■ **EXERCISE PROMPT**: Scan the entries for the word "arguments" and return every line that has it.

Top of EXTRACTED DATA

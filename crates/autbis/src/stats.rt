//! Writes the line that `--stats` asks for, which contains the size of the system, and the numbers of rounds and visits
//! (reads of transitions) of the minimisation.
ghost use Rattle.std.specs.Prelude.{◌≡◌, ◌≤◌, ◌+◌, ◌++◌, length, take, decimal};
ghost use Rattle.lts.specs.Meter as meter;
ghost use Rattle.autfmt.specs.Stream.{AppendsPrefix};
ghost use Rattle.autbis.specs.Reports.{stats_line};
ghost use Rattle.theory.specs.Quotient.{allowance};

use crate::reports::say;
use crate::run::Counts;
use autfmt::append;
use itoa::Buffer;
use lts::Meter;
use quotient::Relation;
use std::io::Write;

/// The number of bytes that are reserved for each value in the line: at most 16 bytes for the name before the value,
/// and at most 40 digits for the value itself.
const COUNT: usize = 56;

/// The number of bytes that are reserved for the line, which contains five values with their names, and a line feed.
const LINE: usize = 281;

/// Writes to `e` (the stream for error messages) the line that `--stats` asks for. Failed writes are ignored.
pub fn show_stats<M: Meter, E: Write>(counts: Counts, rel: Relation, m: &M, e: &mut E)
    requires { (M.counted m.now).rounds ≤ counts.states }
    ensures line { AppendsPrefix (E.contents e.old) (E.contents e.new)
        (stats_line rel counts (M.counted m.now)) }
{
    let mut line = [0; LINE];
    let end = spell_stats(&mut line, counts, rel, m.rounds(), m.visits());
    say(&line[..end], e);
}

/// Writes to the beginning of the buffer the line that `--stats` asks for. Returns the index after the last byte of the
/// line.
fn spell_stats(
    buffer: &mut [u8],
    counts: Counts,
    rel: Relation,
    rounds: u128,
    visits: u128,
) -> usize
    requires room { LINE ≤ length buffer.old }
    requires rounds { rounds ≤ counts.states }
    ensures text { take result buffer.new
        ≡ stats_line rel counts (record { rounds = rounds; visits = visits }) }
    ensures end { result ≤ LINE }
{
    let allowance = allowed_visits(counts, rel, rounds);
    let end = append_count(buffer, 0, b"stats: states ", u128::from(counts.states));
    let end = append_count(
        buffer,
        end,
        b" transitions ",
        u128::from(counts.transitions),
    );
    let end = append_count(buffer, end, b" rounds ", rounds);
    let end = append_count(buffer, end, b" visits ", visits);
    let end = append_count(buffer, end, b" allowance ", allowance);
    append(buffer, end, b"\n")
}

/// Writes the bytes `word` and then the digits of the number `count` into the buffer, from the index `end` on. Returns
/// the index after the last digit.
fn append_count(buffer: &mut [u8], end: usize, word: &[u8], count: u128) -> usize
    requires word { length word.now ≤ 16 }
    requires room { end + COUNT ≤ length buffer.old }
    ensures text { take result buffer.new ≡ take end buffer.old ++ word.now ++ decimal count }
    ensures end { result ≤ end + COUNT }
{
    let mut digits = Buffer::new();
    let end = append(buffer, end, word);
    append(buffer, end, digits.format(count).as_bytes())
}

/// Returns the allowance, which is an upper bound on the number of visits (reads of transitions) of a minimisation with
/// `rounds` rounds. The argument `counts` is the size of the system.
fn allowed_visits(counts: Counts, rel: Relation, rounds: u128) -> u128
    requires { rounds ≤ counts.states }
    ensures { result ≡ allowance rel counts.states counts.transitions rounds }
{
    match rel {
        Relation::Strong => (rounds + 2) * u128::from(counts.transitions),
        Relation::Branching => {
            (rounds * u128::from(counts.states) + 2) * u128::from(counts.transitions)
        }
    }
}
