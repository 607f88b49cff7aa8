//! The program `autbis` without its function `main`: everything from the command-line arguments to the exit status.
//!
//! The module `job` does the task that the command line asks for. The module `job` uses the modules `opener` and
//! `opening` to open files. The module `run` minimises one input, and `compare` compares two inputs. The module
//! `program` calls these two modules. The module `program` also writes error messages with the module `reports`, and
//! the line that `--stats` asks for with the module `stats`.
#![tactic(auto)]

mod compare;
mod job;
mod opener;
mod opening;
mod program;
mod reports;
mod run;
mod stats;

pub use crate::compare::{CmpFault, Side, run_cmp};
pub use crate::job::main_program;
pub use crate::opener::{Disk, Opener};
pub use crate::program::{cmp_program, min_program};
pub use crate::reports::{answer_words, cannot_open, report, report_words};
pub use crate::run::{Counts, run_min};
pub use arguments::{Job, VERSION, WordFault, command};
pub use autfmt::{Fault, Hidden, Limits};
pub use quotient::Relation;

Bottom of EXTRACTED DATA

■ **RESULT OF THIS EXERCISE**:
//! The program `autbis` without its function `main`: everything from the command-line arguments to the exit status.
pub use arguments::{Job, VERSION, WordFault, command};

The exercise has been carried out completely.